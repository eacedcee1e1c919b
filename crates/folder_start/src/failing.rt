//! Why a server doesn't start.

use disk_files::advice_of;
use disk_model::{BeginError, DeviceError};
use locked_book::ServeError;
use server_core::{BeginFault, RollFault};
use server_start::StartError;
use std::io;
use thiserror::Error;
use volume_store::{BeginVolumeError, FolderRecoveryError, PutError, ReopenError, RollError};

/// Why a roll wasn't done.
#[derive(Clone, Copy, Debug, PartialEq, Eq, Error)]
pub enum RollFailure {
    /// The book doesn't take its close line.
    #[error("the journal takes no close line: {0}")]
    NotClosed(ServeError),
    /// The rules let no volume follow.
    #[error("no volume may follow")]
    Blocked,
    /// The volume wasn't ended.
    #[error("the volume isn't ended: {0}")]
    NotEnded(PutError),
    /// The next volume wasn't begun.
    #[error("the next volume isn't begun")]
    NotBegun,
    /// The same, since the disk is full.
    #[error("the next volume isn't begun: {}", DeviceError::NoSpace)]
    NoSpace,
    /// A growth was refused.
    #[error("out of memory")]
    Memory,
}

impl RollFailure {
    /// What it is, without the files that were made.
    pub fn of<D: Drop>(fault: RollFault<D>) -> RollFailure {
        match fault {
            RollFault::NotClosed(refusal) => RollFailure::NotClosed(refusal),
            RollFault::Blocked => RollFailure::Blocked,
            RollFault::NotRolled(RollError::NotEnded(error)) => RollFailure::NotEnded(error),
            RollFault::NotRolled(RollError::NotBegun(BeginVolumeError::Memory))
            | RollFault::Memory => RollFailure::Memory,
            RollFault::NotRolled(RollError::NotBegun(error)) if is_no_space(&error) => {
                RollFailure::NoSpace
            }
            RollFault::NotRolled(RollError::NotBegun(_)) => RollFailure::NotBegun,
        }
    }
}

/// Returns whether a volume wasn't begun since the disk is full.
fn is_no_space<D: Drop>(error: &BeginVolumeError<D>) -> bool {
    matches!(
        error,
        BeginVolumeError::Disk(BeginError {
            error: DeviceError::NoSpace,
            ..
        })
    )
}

/// Why a server doesn't start with its folder.
#[derive(Debug, Drop, Error)]
pub enum StartFailure {
    /// The files can't be read.
    #[error("the volumes can't be read: {}{}", .0, advice_of(.0))]
    Unread(io::Error),
    /// A clock tells no time.
    #[error("the clock tells no time")]
    Clock,
    /// The folder leads to no book.
    #[error("{0}")]
    Folder(FolderRecoveryError),
    /// A server of these settings, by this clock, doesn't start with the book.
    #[error("{0}")]
    Start(StartError),
    /// The settings name no partner, and the book waits for one's answer: no volume has a lease.
    #[error("this directory was begun for a pair and never answered: begin in an empty one")]
    NeverAnswered,
    /// The settings name no partner, and the book waits for one's answer.
    #[error("this directory has leases and waits for its partner's answer: give it link and link_key again and start \
             the partner")]
    WaitsForPartner,
    /// There are other files than those that were read.
    #[error("the volumes changed while they were read")]
    Changed,
    /// A file of which nobody was told can't be removed.
    #[error("a file in which no volume was begun can't be removed: {0}")]
    NotRemoved(DeviceError),
    /// The last volume's file isn't opened again.
    #[error("the last volume isn't opened: {0}")]
    NotReopened(ReopenError),
    /// No further volume can begin: all of a server's were used, or its head leaves no room.
    #[error("no further volume can begin: both servers need new books")]
    NoFurther,
    /// The volume isn't begun: the disk failed, or it has no text.
    #[error("the volume isn't begun")]
    NotBegun,
    /// The same, since the disk is full.
    #[error("the volume isn't begun: {}", DeviceError::NoSpace)]
    NoSpace,
    /// The last volume isn't followed.
    #[error("the last volume isn't followed: {0}")]
    NotRolled(RollFailure),
    /// The book takes no line `restart`.
    #[error("the journal takes no line `restart`: {0}")]
    NotRestarted(ServeError),
    /// A growth was refused.
    #[error("out of memory")]
    Memory,
}

impl StartFailure {
    /// What it is, without the files that were made.
    pub(crate) fn of<D: Drop>(fault: BeginFault<D>) -> StartFailure {
        match fault {
            BeginFault::NotReopened(error) => StartFailure::NotReopened(error),
            BeginFault::NotBegun(BeginVolumeError::Full) => StartFailure::NoFurther,
            BeginFault::NotBegun(BeginVolumeError::Memory) | BeginFault::Memory => {
                StartFailure::Memory
            }
            BeginFault::NotBegun(error) if is_no_space(&error) => StartFailure::NoSpace,
            BeginFault::NotBegun(_) => StartFailure::NotBegun,
            BeginFault::NotRolled(fault) => StartFailure::NotRolled(RollFailure::of(fault)),
            BeginFault::NotRestarted(refusal) => StartFailure::NotRestarted(refusal),
        }
    }
}
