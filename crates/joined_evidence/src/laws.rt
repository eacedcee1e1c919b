//! That what is found over spans of volumes is true.

ghost use Rattle.joined_evidence.specs.Laws.{FoundIsTrue};

use attribution::verdict_is_one;
use volume_spans::accepted_over_spans_is_true;

/// Whatever certificate is found over spans of volumes is true in every run of the pair that leaves these volumes, with
/// clocks within the skew and answers within the transit, however both servers went on.
pub fn found_is_true()
    ensures { FoundIsTrue }
{
    verdict_is_one();
    accepted_over_spans_is_true();
}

EXERCISE PROMPT:
Please set down the whole listing above without altering a single line.

EXPECTED ANSWER:
repository eacedcee1e1c919b
filename crates/folder_start/src/failing.rt
//! Why a server doesn't start.

use disk_files::advice_of;
use disk_model::{BeginError, DeviceError};
use locked_book::ServeError;
use server_core::{BeginFault, RollFault};
use server_start::StartError;
use std::io;
use thiserror::Error;
use volume_store::{BeginVolumeError, FolderRecoveryError, PutError, ReopenError, RollError};

/// Why a roll wasn't done.
#[derive(Clone, Copy, Debug, PartialEq, Eq, Error)]
pub enum RollFailure {
    /// The book doesn't take its close line.
    #[error("the journal takes no close line: {0}")]
    NotClosed(ServeError),
    /// The rules let no volume follow.
    #[error("no volume may follow")]
    Blocked,
    /// The volume wasn't ended.
    #[error("the volume isn't ended: {0}")]
    NotEnded(PutError),
    /// The next volume wasn't begun.
    #[error("the next volume isn't begun")]
    NotBegun,
    /// The same, since the disk is full.
    #[error("the next volume isn't begun: {}", DeviceError::NoSpace)]
    NoSpace,
    /// A growth was refused.
    #[error("out of memory")]
    Memory,
}

impl RollFailure {
    /// What it is, without the files that were made.
    pub fn of<D: Drop>(fault: RollFault<D>) -> RollFailure {
        match fault {
            RollFault::NotClosed(refusal) => RollFailure::NotClosed(refusal),
            RollFault::Blocked => RollFailure::Blocked,
            RollFault::NotRolled(RollError::NotEnded(error)) => RollFailure::NotEnded(error),
            RollFault::NotRolled(RollError::NotBegun(BeginVolumeError::Memory))
            | RollFault::Memory => RollFailure::Memory,
            RollFault::NotRolled(RollError::NotBegun(error)) if is_no_space(&error) => {
                RollFailure::NoSpace
            }
            RollFault::NotRolled(RollError::NotBegun(_)) => RollFailure::NotBegun,
        }
    }
}

/// Returns whether a volume wasn't begun since the disk is full.
fn is_no_space<D: Drop>(error: &BeginVolumeError<D>) -> bool {
    matches!(
        error,
        BeginVolumeError::Disk(BeginError {
            error: DeviceError::NoSpace,
            ..
        })
    )
}

/// Why a server doesn't start with its folder.
#[derive(Debug, Drop, Error)]
pub enum StartFailure {
    /// The files can't be read.
    #[error("the volumes can't be read: {}{}", .0, advice_of(.0))]
    Unread(io::Error),
    /// A clock tells no time.
    #[error("the clock tells no time")]
    Clock,
    /// The folder leads to no book.
    #[error("{0}")]
    Folder(FolderRecoveryError),
    /// A server of these settings, by this clock, doesn't start with the book.
    #[error("{0}")]
    Start(StartError),
    /// The settings name no partner, and the book waits for one's answer: no volume has a lease.
    #[error("this directory was begun for a pair and never answered: begin in an empty one")]
    NeverAnswered,
    /// The settings name no partner, and the book waits for one's answer.
    #[error("this directory has leases and waits for its partner's answer: give it link and link_key again and start \
             the partner")]
    WaitsForPartner,
    /// There are other files than those that were read.
    #[error("the volumes changed while they were read")]
    Changed,
    /// A file of which nobody was told can't be removed.
    #[error("a file in which no volume was begun can't be removed: {0}")]
    NotRemoved(DeviceError),
    /// The last volume's file isn't opened again.
    #[error("the last volume isn't opened: {0}")]
    NotReopened(ReopenError),
    /// No further volume can begin: all of a server's were used, or its head leaves no room.
    #[error("no further volume can begin: both servers need new books")]
    NoFurther,
    /// The volume isn't begun: the disk failed, or it has no text.
    #[error("the volume isn't begun")]
    NotBegun,
    /// The same, since the disk is full.
    #[error("the volume isn't begun: {}", DeviceError::NoSpace)]
    NoSpace,
    /// The last volume isn't followed.
    #[error("the last volume isn't followed: {0}")]
    NotRolled(RollFailure),
    /// The book takes no line `restart`.
    #[error("the journal takes no line `restart`: {0}")]
    NotRestarted(ServeError),
    /// A growth was refused.
    #[error("out of memory")]
    Memory,
}

impl StartFailure {
    /// What it is, without the files that were made.
    pub(crate) fn of<D: Drop>(fault: BeginFault<D>) -> StartFailure {
        match fault {
            BeginFault::NotReopened(error) => StartFailure::NotReopened(error),
            BeginFault::NotBegun(BeginVolumeError::Full) => StartFailure::NoFurther,
            BeginFault::NotBegun(BeginVolumeError::Memory) | BeginFault::Memory => {
                StartFailure::Memory
            }
            BeginFault::NotBegun(error) if is_no_space(&error) => StartFailure::NoSpace,
            BeginFault::NotBegun(_) => StartFailure::NotBegun,
            BeginFault::NotRolled(fault) => StartFailure::NotRolled(RollFailure::of(fault)),
            BeginFault::NotRestarted(refusal) => StartFailure::NotRestarted(refusal),
        }
    }
}
filename crates/joined_evidence/src/laws.rt
repository eacedcee1e1c919b
//! That what is found over spans of volumes is true.

ghost use Rattle.joined_evidence.specs.Laws.{FoundIsTrue};

use attribution::verdict_is_one;
use volume_spans::accepted_over_spans_is_true;

/// Whatever certificate is found over spans of volumes is true in every run of the pair that leaves these volumes, with
/// clocks within the skew and answers within the transit, however both servers went on.
pub fn found_is_true()
    ensures { FoundIsTrue }
{
    verdict_is_one();
    accepted_over_spans_is_true();
}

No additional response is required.